A major question we’ve asked ourselves internally over the last few years is how we should weigh organizational quality versus the value of the intervention that the organization is carrying out.
In particular, is it better to recommend an organization we’re very impressed by and confident in that’s carrying out a good program, or better to recommend an organization we’re much less confident in that’s carrying out an exceptional program? This question has been most salient when deciding how to rank giving to GiveDirectly vs giving to the Schistosomiasis Control Initiative.
GiveDirectly vs SCI
GiveDirectly is an organization that we’re very impressed by and confident in, more so than any other charity we’ve come across in our history. Reasons for this:
- GiveDirectly has successfully grown their operation from distributing $340,000 in fiscal year 2011-12 to a recent pace that corresponds to distributing $18 million per year. Our impression has been that they have maintained the same quality of their operation despite this growth.
- GiveDirectly has always communicated extremely clearly and directly with us, and appears to value transparency as much as any organization we’ve encountered.
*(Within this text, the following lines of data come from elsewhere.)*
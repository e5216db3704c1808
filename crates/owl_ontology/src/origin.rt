//! Where an axiom comes from.
use rel_io::{Dup, NoMemory};
use std::alloc::Global;

/// A place in the input: ordered by file, then by line. An axiom that a step added has file 0 and line 0.
#[derive(Clone, Copy, PartialEq, Eq, PartialOrd, Ord)]
pub struct Origin {
    /// The place in the list of files, from 0.
    pub file: u32,
    /// The line of that file, from 1.
    pub line: u32,
}

impl Dup for Origin {
    fn copy(&self, _alloc: Global) -> Result<Origin, NoMemory> {
        Ok(*self)
    }
}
They’ve consistently anticipated questions we’ll have before we ask them, so they typically have good answers.
- GiveDirectly has an impressive commitment to monitoring and self-evaluation, including participating in a randomized controlled trial of its own program. Nearly all of its existing cash transfers are currently integrated into some form of study to gain more information.
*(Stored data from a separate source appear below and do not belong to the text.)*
//! Small parts by hand: each rule alone, and rules that meet. Thing is 0, Nothing is 1, classes come next.
mod proper;

use crate::{Fact, NumberedPart, SaturationFault, Shape, Table, saturate};
use fact_rows::empty_numbers;
use hash_key::HashKey;
use proper::is_proper;
use std::alloc::{AllocError, Global};
use std::test::Fail;

/// One thing that a part says.
#[derive(Clone, Copy)]
enum Told {
    /// An intersection has an operand.
    Operand(u32, u32),
    Inclusion(u32, u32),
    Disjoint(u32, u32),
    RoleInclusion(u32, u32),
    Chain(u32, u32, u32),
    Domain(u32, u32),
}

/// Adds one thing to a part.
fn tell(part: &mut NumberedPart, told: Told) -> Result<(), AllocError> {
    match told {
        Told::Operand(at, operand) => match part.operands.get_mut(at as usize) {
            Some(row) => row.push(operand)?,
            None => {}
        },
        Told::Inclusion(lower, upper) => part.inclusions.push((lower, upper))?,
        Told::Disjoint(one, other) => part.disjoints.push((one, other))?,
        Told::RoleInclusion(lower, upper) => part.role_inclusions.push((lower, upper))?,
        Told::Chain(first, second, implied) => part.chains.push((first, second, implied))?,
        Told::Domain(role, class) => part.domains.push((role, class))?,
    }
    Ok(())
}

/// A part of three roles with these shapes, which says these things.
fn part_of(alloc: Global, shapes: &[Shape], all: &[Told]) -> Result<NumberedPart, AllocError> {
    let count = u32::try_from(shapes.len()).unwrap_or(0);
    let mut part = NumberedPart {
        shapes: Vec::from_slice(alloc, shapes)?,
        operands: empty_numbers(alloc, count)?,
        role_count: 3,
        inclusions: Vec::new(alloc),
        disjoints: Vec::new(alloc),
        role_inclusions: Vec::new(alloc),
        chains: Vec::new(alloc),
        domains: Vec::new(alloc),
    };
    for told in all {
        tell(&mut part, *told)?;
    }
    Ok(part)
}

/// The table of a part.
fn table_of(
    alloc: Global,
    shapes: &[Shape],
    all: &[Told],
    limit: u64,
) -> Result<Table, SaturationFault> {
    let part = part_of(alloc, shapes, all)?;
    if !is_proper(&part) {
        return Err(SaturationFault::NoMemory);
    }
    saturate(alloc, HashKey::new(7), &part, limit)
}

/// Whether a table has a fact.
fn has(table: &Table, fact: Fact) -> bool {
    match fact {
        Fact::Below(lower, upper) => table.below(lower, upper),
        Fact::Link(start, role, end) => table.link(start, role, end),
    }
}

/// How many of the facts a table has.
fn found(table: &Table, wanted: &[Fact]) -> u64 {
    let mut count: u64 = 0;
    for fact in wanted {
        if has(table, *fact) {
            count = count.wrapping_add(1);
        }
    }
    count
}

/// The shapes, what is told, and the facts besides that each expression is below itself and below Thing.
#[test]
fn rules_by_hand(rt: HostRuntime) -> Result<(), Fail> {
    let some = Shape::Some(0, 3);
    for (rule, shapes, told, wanted) in [
        (
            "an inclusion, twice",
            [
                Shape::Name,
                Shape::Name,
                Shape::Name,
                Shape::Name,
                Shape::Name,
            ]
            .as_slice(),
            [Told::Inclusion(3, 4), Told::Inclusion(2, 3)].as_slice(),
            [Fact::Below(2, 3), Fact::Below(3, 4), Fact::Below(2, 4)].as_slice(),
        ),
        (
            "a cycle",
            [Shape::Name, Shape::Name, Shape::Name, Shape::Name].as_slice(),
            [Told::Inclusion(2, 3), Told::Inclusion(3, 2)].as_slice(),
            [Fact::Below(2, 3), Fact::Below(3, 2)].as_slice(),
        ),
        (
            "operands of an intersection",
            [
                Shape::Name,
                Shape::Name,
                Shape::Name,
                Shape::Name,
                Shape::And,
                Shape::Name,
            ]
            .as_slice(),
            [
                Told::Operand(4, 2),
                Told::Operand(4, 3),
                Told::Inclusion(5, 4),
            ]
            .as_slice(),
            [
                Fact::Below(4, 2),
                Fact::Below(4, 3),
                Fact::Below(5, 4),
                Fact::Below(5, 2),
                Fact::Below(5, 3),
            ]
            .as_slice(),
        ),
        (
            "an intersection of operands",
            [
                Shape::Name,
                Shape::Name,
                Shape::Name,
                Shape::Name,
                Shape::And,
                Shape::Name,
            ]
            .as_slice(),
            [
                Told::Operand(4, 2),
                Told::Operand(4, 3),
                Told::Inclusion(5, 2),
                Told::Inclusion(5, 3),
            ]
            .as_slice(),
            [
                Fact::Below(4, 2),
                Fact::Below(4, 3),
                Fact::Below(5, 4),
                Fact::Below(5, 2),
                Fact::Below(5, 3),
            ]
            .as_slice(),
        ),
        (
            "disjoint classes",
            [
                Shape::Name,
                Shape::Name,
                Shape::Name,
                Shape::Name,
                Shape::Name,
            ]
            .as_slice(),
            [
                Told::Disjoint(3, 2),
                Told::Inclusion(4, 2),
                Told::Inclusion(4, 3),
            ]
            .as_slice(),
            [Fact::Below(4, 2), Fact::Below(4, 3), Fact::Below(4, 1)].as_slice(),
        ),
        (
            "a class disjoint from itself",
            [Shape::Name, Shape::Name, Shape::Name].as_slice(),
            [Told::Disjoint(2, 2)].as_slice(),
            [Fact::Below(2, 1)].as_slice(),
        ),
        (
            "a link and an implied role",
            [Shape::Name, Shape::Name, Shape::Name, Shape::Name, some].as_slice(),
            [Told::Inclusion(2, 4), Told::RoleInclusion(0, 1)].as_slice(),
            [
                Fact::Below(2, 4),
                Fact::Link(2, 0, 3),
                Fact::Link(4, 0, 3),
                Fact::Link(2, 1, 3),
                Fact::Link(4, 1, 3),
            ]
            .as_slice(),
        ),
        (
            "a chain",
            [
                Shape::Name,
                Shape::Name,
                Shape::Name,
                Shape::Name,
                Shape::Name,
                some,
                Shape::Some(1, 4),
            ]
            .as_slice(),
            [
                Told::Inclusion(2, 5),
                Told::Inclusion(3, 6),
                Told::Chain(0, 1, 2),
            ]
            .as_slice(),
            [
                Fact::Below(2, 5),
                Fact::Below(3, 6),
                Fact::Link(2, 0, 3),
                Fact::Link(5, 0, 3),
                Fact::Link(3, 1, 4),
                Fact::Link(6, 1, 4),
                Fact::Link(2, 2, 4),
                Fact::Link(5, 2, 4),
            ]
            .as_slice(),
        ),
        (
            "a restriction of a super class, where it occurs",
            [
                Shape::Name,
                Shape::Name,
                Shape::Name,
                Shape::Name,
                Shape::Name,
                some,
                Shape::Some(0, 4),
            ]
            .as_slice(),
            [Told::Inclusion(2, 5), Told::Inclusion(3, 4)].as_slice(),
            [
                Fact::Below(2, 5),
                Fact::Below(3, 4),
                Fact::Below(2, 6),
                Fact::Below(5, 6),
                Fact::Link(2, 0, 3),
                Fact::Link(5, 0, 3),
                Fact::Link(6, 0, 4),
                Fact::Link(2, 0, 4),
                Fact::Link(5, 0, 4),
            ]
            .as_slice(),
        ),
        (
            "a domain",
            [
                Shape::Name,
                Shape::Name,
                Shape::Name,
                Shape::Name,
                Shape::Name,
                some,
            ]
            .as_slice(),
            [Told::Inclusion(2, 5), Told::Domain(0, 4)].as_slice(),
            [
                Fact::Below(2, 5),
                Fact::Below(2, 4),
                Fact::Below(5, 4),
                Fact::Link(2, 0, 3),
                Fact::Link(5, 0, 3),
            ]
            .as_slice(),
        ),
        (
            "a link to what is below Nothing",
            [Shape::Name, Shape::Name, Shape::Name, Shape::Name, some].as_slice(),
            [Told::Inclusion(2, 4), Told::Inclusion(3, 1)].as_slice(),
            [
                Fact::Below(2, 4),
                Fact::Below(3, 1),
                Fact::Below(2, 1),
                Fact::Below(4, 1),
                Fact::Link(2, 0, 3),
                Fact::Link(4, 0, 3),
            ]
            .as_slice(),
        ),
        (
            "Nothing as a filler",
            [Shape::Name, Shape::Name, Shape::Name, Shape::Some(0, 1)].as_slice(),
            [Told::Inclusion(2, 3)].as_slice(),
            [
                Fact::Below(2, 3),
                Fact::Below(3, 1),
                Fact::Below(2, 1),
                Fact::Link(2, 0, 1),
                Fact::Link(3, 0, 1),
            ]
            .as_slice(),
        ),
    ] {
        let own = (shapes.len() as u64).wrapping_mul(2).wrapping_sub(1);
        let all = own.wrapping_add(wanted.len() as u64);
        let table = table_of(rt.alloc(), shapes, told, all)?;
        assert_eq!(rt; table.facts(), all, "{rule}");
        assert_eq!(rt; found(&table, wanted), wanted.len() as u64, "{rule}");
        let refused = table_of(rt.alloc(), shapes, told, all.wrapping_sub(1));
        assert!(rt;
            is_too_many(&refused, all.wrapping_sub(1)),
            "{rule}, a fact less"
        );
        let refused = table_of(rt.alloc(), shapes, told, 0);
        assert!(rt; is_too_many(&refused, 0), "{rule}, no fact");
    }
    Ok(())
}

/// Whether the answer is that more facts are derived than a limit.
fn is_too_many(answer: &Result<Table, SaturationFault>, limit: u64) -> bool {
    match answer {
        Err(SaturationFault::TooManyFacts(told)) => *told == limit,
        _ => false,
    }
}

/// Twenty classes from 2 on, their intersections 22 and 23, and two classes more.
fn wide_shapes(alloc: Global) -> Result<Vec<Shape>, AllocError> {
    let mut shapes = Vec::new(alloc);
    for at in 0..26 {
        shapes.push(if at == 22 || at == 23 {
            Shape::And
        } else {
            Shape::Name
        })?;
    }
    Ok(shapes)
}

/// Both intersections have all twenty classes, the one upwards, the other downwards. Each class is below the next, the
/// first of the two further ones is below the first, and the second below the second.
fn wide_told(alloc: Global) -> Result<Vec<Told>, AllocError> {
    let mut told = Vec::new(alloc);
    for at in 2..22 {
        told.push(Told::Operand(22, at))?;
        told.push(Told::Operand(23, 23 - at))?;
    }
    for at in 2..21 {
        told.push(Told::Inclusion(at, at + 1))?;
    }
    told.push(Told::Inclusion(24, 2))?;
    told.push(Told::Inclusion(25, 3))?;
    Ok(told)
}

/// Intersections whose operands are found one after another, from either end, and that one expression misses by one
/// operand. The facts: 51 of their own, 190 among the twenty classes, 21 of each intersection, 2 more of the first class,
/// and 22 and 19 of the further ones.
#[test]
fn wide_intersections(rt: HostRuntime) -> Result<(), Fail> {
    let shapes = wide_shapes(rt.alloc())?;
    let told = wide_told(rt.alloc())?;
    let table = table_of(rt.alloc(), shapes.as_slice(), told.as_slice(), 326)?;
    assert_eq!(rt; table.facts(), 326);
    assert!(rt; table.below(24, 22) && table.below(24, 23));
    assert!(rt; !table.below(25, 22) && !table.below(25, 23));
    Ok(())
}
- GiveDirectly was transparent about the case of staff fraud it discovered, writing about it here.
- While expanding its operations, GiveDirectly has also continually expanded its ambitions in other ways and shown an interest in trying new things – from a for-profit aiming to improve the efficiency of cash transfer distributions in the developing world (not formally related to GiveDirectly, but with significant staff/Board overlap) to its recent project to launch a basic income pilot.
But, we estimate that marginal dollars to the program it implements — direct cash transfers — are significantly less cost-effective than bednets and deworming programs. Excluding organizational factors, our best guess is that deworming programs — which SCI supports — are roughly 5 times as cost-effective as cash transfers. As discussed further below, our cost effectiveness estimates are generally based on extremely limited information and are therefore extremely rough, so we are cautious in assigning too much weight to them.
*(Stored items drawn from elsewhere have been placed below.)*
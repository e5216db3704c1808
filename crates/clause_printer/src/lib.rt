//! A clause is printed as a line that says it again. The layers above write their texts by `print_clause`, or by the parts
//! of a line.
#![tactic(auto)]

mod laws;
mod printer;

pub use laws::{
    clauses_are_printed_apart, comment_says_nothing, printed_line_spells_again, spelled_clauses_fit,
};
pub use printer::{print_clause, push_block, push_comment, push_qualifier, push_value, push_xref};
Despite the better cost-effectiveness of deworming, we’ve had significant issues with SCI as an organization. The two most important:
- We originally relied on a set of studies showing dramatic drops in worm infection coinciding with SCI-run deworming programs to evaluate SCI’s track record; we later discovered flaws in the study methodology that led us to conclude that they did not demonstrate that SCI had a strong track record. We wrote about these flaws in 2013 and 2014.
- We’ve seen limited and at times erroneous financial information from SCI over the years. We have seen some improvements in SCI’s financial reporting in 2016, but we still have some concerns, as detailed in our most recent report.
More broadly, both of these cases are examples of general problems we’ve had communicating with SCI over the years. And we don’t believe SCI’s trajectory has generated evidence of overall impressiveness comparable to GiveDirectly’s, discussed above.
Which should we recommend?
One argument is that GiveWell should only recommend exceptional organizations, and so the issues we’ve seen with SCI should disqualify them.
But, we think that the ~5x difference in cost-effectiveness is meaningful. There’s a large degree of uncertainty in our cost-effectiveness analyses, which is something we’ve written a lot about in the past, but this multiplier appears somewhat stable (it has persisted in this range over time, and currently is consistent with the individual estimates of many staff members), and a ~5x difference gives a fair amount of room for SCI to do more good even accounting both for possible errors in our analysis and for differences in organizational efficiency.
A separate argument that we’ve made in the past is that great organizations have upside that goes beyond the value of conducting the specific program they’re implementing. For example, early funding to a great organization may have allow it to grow faster and increase the amount of money going to their program globally, either through proving the model or through their own fundraising. And GiveDirectly has shown some propensity for potentially innovative projects, as discussed above.
We think that earlier funding to GiveDirectly had this benefit, but it’s less of a consideration now that GiveDirectly is a more mature organization. We believe this upside exists for what we’ve called “capacity-relevant” funding, which is the type of funding need that we consider to be most valuable when ranking the importance of marginal dollars to each of our top charities, and refers to funding gaps that we expect will allow organizations to grow in an outsized way in the future, for instance by going into a new country.
Bottom line
Our most recent recommendations ranked SCI’s funding gap higher than GiveDirectly’s due to SCI’s cost-effectiveness. We think that SCI is a strong organization overall, despite the issues we’ve noted, and we think that the “upside” for GiveDirectly is limited on the margin, so ultimately our estimated 5x multiplier looks meaningful enough to be determinative.
We remain conflicted about this tradeoff and regularly debate it internally, and we think reasonable donors may disagree about which organization to support.